**PROBLEM DESCRIPTION**.
In the records below, pick out all lines containing the word "bool".

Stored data
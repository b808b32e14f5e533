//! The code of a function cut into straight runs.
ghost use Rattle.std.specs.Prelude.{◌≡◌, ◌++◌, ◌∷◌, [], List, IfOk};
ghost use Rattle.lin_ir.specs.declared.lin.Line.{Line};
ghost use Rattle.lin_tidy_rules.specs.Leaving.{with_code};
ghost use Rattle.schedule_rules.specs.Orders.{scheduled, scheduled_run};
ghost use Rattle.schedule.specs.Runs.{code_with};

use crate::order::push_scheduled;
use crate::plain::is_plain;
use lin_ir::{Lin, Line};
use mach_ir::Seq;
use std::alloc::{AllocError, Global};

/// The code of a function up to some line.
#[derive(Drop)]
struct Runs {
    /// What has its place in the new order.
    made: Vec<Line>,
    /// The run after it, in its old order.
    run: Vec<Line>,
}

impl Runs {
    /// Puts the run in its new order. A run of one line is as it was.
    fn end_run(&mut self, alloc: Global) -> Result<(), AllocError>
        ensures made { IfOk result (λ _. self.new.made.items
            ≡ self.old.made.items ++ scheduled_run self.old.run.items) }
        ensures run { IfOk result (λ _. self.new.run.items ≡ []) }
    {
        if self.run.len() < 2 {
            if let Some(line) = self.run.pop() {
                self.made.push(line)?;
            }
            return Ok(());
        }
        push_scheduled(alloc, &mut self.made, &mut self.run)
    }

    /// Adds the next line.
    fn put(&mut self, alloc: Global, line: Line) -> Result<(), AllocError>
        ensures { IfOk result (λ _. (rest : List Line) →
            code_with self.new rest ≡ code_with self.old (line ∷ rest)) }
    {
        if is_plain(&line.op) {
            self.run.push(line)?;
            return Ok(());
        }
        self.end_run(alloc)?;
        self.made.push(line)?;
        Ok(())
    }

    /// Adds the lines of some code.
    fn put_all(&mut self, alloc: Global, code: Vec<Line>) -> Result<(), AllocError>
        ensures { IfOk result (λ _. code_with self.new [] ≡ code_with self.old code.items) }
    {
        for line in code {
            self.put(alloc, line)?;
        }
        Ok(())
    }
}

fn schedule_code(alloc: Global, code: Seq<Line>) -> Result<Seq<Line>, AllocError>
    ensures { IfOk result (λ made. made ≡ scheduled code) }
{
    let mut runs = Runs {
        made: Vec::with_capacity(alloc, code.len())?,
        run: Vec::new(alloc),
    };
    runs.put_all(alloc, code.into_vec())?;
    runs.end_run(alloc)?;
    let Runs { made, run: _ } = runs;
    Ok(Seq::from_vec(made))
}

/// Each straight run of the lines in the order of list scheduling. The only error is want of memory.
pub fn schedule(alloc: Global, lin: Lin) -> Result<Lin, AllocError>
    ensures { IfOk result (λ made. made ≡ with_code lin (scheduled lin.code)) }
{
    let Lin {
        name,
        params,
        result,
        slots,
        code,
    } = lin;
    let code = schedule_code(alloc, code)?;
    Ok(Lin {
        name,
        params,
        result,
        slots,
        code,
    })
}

==

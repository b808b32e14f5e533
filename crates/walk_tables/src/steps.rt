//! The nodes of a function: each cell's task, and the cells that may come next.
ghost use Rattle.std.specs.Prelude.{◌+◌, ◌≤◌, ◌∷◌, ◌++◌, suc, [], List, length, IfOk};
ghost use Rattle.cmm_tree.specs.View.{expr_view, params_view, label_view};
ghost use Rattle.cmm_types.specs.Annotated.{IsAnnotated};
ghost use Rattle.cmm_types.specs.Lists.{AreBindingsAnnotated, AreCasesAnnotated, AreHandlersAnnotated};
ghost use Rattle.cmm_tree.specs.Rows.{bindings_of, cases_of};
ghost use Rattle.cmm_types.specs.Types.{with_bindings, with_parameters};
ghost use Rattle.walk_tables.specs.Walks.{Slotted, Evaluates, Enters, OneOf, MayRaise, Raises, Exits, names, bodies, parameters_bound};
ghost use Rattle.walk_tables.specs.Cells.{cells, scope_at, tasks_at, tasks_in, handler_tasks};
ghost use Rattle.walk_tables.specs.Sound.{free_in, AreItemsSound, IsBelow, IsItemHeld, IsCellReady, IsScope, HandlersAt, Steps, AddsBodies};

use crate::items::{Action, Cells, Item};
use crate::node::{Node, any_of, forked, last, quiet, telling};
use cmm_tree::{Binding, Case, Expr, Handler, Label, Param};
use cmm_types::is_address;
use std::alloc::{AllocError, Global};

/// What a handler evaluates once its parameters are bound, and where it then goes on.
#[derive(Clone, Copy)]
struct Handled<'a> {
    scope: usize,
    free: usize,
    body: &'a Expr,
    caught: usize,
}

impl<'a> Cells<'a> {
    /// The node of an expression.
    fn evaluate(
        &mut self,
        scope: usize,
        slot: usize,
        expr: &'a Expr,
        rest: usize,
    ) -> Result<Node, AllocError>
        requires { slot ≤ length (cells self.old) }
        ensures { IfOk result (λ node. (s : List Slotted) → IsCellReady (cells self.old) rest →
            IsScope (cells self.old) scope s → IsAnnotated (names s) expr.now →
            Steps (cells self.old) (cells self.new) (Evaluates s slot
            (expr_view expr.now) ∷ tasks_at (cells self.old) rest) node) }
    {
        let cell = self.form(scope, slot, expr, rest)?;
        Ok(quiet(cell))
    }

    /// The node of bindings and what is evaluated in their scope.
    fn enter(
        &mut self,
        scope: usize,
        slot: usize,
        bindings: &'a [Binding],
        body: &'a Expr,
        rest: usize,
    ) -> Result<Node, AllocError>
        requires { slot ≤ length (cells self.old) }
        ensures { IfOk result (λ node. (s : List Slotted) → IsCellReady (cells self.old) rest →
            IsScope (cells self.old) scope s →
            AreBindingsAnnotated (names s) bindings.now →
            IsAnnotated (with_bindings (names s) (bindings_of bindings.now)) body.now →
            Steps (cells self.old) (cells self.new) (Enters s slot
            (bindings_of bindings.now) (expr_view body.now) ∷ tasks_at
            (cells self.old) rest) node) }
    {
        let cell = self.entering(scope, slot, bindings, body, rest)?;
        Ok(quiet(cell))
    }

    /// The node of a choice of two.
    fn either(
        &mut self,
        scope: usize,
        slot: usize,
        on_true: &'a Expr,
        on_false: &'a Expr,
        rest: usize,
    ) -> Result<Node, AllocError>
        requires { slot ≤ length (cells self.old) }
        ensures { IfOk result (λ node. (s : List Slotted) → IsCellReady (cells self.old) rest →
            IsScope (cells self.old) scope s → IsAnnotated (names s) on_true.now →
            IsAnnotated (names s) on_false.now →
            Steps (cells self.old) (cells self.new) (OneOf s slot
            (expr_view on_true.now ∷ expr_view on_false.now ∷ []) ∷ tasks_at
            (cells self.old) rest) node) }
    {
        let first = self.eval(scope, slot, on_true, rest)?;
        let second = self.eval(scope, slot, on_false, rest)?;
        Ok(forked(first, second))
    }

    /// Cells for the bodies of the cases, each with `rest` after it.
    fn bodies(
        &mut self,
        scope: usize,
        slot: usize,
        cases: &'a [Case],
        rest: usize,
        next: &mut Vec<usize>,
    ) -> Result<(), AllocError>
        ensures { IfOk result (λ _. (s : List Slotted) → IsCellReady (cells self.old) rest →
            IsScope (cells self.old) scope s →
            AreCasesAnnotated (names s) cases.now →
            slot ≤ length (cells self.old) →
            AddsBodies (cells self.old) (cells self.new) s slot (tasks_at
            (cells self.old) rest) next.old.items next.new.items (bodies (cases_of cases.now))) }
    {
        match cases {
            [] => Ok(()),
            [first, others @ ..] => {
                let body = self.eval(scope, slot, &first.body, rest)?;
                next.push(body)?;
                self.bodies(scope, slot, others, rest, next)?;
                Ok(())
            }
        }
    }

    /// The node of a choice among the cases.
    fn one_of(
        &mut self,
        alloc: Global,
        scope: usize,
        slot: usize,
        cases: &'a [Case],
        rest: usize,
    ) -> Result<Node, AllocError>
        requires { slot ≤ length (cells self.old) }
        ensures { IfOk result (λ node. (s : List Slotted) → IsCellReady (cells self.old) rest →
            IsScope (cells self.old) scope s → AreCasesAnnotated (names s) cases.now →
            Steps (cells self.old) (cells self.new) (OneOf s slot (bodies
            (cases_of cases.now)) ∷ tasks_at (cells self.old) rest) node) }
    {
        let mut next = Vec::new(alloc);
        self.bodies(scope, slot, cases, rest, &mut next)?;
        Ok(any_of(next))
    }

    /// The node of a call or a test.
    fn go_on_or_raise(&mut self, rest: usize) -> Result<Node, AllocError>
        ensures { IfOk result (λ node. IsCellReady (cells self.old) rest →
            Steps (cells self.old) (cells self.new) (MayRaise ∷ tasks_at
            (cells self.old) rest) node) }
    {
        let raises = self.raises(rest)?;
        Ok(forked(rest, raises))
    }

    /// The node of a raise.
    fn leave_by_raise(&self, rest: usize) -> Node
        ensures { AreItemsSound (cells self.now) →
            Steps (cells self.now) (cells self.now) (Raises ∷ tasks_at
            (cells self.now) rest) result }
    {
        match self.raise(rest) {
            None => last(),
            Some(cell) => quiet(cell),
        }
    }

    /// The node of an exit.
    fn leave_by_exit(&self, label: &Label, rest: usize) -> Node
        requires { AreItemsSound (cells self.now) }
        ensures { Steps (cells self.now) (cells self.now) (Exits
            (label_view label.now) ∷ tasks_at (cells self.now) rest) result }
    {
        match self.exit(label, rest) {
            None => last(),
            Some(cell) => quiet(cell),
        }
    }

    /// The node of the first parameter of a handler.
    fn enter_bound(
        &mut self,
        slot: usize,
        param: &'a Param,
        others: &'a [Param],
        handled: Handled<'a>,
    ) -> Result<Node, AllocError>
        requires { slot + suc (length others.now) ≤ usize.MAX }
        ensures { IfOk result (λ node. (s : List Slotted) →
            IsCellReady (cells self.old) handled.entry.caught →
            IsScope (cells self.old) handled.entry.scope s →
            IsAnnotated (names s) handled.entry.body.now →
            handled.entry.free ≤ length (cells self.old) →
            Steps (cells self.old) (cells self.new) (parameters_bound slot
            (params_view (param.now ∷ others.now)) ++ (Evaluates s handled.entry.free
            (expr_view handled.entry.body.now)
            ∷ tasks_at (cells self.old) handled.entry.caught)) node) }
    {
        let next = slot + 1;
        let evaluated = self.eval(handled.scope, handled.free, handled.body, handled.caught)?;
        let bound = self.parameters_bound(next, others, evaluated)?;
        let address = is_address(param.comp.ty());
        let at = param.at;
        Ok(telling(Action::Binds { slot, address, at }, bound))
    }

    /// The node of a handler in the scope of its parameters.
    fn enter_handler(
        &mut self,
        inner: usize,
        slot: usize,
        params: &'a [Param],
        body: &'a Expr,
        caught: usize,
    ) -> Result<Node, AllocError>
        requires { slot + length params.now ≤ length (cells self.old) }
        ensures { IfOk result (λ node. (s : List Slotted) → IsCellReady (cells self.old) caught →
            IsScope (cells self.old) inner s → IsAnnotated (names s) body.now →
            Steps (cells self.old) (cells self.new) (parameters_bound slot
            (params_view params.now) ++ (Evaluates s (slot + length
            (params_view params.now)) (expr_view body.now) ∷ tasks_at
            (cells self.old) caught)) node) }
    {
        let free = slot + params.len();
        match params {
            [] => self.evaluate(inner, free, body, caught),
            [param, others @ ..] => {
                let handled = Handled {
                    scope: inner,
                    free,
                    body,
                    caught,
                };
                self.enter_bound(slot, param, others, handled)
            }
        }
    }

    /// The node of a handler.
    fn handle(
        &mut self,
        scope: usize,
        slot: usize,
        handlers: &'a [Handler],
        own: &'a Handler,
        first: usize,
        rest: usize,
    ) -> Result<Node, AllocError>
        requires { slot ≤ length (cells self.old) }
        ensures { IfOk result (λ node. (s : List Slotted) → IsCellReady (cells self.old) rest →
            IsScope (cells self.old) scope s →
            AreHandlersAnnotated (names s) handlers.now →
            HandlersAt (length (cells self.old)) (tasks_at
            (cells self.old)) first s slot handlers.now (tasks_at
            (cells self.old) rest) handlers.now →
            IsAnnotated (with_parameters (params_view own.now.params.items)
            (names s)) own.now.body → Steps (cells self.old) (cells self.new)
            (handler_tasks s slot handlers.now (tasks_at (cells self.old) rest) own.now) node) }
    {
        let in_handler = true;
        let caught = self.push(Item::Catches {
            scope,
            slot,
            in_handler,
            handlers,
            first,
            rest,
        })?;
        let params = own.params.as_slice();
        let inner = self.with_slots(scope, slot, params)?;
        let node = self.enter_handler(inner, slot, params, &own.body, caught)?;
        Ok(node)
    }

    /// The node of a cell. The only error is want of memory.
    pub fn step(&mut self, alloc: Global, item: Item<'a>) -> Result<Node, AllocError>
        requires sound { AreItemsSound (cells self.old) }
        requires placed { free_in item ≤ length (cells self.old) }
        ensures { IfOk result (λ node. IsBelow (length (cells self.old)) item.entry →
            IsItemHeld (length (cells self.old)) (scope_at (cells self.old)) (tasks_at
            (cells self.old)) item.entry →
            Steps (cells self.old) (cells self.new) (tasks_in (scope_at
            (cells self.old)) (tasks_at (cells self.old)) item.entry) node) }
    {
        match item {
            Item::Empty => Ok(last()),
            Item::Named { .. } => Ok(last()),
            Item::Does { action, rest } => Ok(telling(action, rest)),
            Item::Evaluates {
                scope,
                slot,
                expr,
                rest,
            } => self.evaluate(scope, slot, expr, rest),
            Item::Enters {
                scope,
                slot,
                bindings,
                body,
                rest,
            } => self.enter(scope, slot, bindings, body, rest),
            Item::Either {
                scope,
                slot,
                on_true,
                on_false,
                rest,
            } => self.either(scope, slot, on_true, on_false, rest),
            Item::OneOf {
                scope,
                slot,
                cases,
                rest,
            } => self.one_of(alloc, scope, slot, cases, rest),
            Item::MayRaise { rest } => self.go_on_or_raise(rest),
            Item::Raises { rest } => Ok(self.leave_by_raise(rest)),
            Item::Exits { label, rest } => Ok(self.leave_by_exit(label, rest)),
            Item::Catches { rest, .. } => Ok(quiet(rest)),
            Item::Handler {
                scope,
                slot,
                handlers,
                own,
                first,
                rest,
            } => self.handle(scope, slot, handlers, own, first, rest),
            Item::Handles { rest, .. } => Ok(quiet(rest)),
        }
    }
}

--

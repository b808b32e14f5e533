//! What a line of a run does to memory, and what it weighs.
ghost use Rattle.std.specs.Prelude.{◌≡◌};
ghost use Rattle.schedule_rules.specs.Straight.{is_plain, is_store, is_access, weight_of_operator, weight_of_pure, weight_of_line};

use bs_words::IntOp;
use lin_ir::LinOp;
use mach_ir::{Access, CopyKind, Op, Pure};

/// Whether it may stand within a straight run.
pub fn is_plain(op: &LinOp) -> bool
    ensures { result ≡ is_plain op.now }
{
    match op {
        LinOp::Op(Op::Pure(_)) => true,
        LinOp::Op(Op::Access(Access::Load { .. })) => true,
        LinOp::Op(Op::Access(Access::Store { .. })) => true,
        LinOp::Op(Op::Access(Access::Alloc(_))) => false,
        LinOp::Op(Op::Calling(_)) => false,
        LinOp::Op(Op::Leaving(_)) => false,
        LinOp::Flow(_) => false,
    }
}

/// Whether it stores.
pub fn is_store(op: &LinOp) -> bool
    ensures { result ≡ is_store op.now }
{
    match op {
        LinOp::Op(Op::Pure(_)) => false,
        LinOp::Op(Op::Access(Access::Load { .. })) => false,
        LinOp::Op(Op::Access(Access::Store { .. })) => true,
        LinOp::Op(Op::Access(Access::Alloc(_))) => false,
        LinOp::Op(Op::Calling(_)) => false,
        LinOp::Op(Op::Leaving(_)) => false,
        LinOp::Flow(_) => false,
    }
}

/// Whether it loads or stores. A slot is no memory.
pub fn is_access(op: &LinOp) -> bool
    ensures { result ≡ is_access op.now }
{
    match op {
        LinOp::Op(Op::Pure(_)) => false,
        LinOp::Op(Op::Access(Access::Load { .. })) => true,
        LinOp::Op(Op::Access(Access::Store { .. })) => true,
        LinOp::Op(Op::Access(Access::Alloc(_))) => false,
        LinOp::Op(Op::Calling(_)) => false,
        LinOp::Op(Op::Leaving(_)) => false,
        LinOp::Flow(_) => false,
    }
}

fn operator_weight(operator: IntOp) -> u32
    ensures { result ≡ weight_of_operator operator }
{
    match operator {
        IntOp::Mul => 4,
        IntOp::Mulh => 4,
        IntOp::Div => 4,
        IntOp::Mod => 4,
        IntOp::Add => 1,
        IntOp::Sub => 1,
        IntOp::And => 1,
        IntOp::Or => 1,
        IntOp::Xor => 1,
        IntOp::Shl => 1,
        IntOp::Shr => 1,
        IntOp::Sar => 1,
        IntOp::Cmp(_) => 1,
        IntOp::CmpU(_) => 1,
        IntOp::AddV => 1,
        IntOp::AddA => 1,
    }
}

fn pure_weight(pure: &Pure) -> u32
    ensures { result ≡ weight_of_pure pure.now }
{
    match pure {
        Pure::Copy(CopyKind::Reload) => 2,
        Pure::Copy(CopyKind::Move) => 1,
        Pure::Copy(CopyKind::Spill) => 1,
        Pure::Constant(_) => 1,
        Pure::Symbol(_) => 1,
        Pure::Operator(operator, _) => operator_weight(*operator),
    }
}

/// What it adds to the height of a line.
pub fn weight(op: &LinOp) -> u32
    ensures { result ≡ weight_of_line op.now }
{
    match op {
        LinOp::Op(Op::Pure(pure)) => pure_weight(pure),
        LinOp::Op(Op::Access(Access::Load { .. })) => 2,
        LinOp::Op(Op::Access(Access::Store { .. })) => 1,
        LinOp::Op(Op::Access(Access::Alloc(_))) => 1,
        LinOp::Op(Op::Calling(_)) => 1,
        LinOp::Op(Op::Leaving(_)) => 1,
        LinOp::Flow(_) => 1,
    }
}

**EXPECTED ANSWER**.
pub fn is_plain(op: &LinOp) -> bool
pub fn is_store(op: &LinOp) -> bool
pub fn is_access(op: &LinOp) -> bool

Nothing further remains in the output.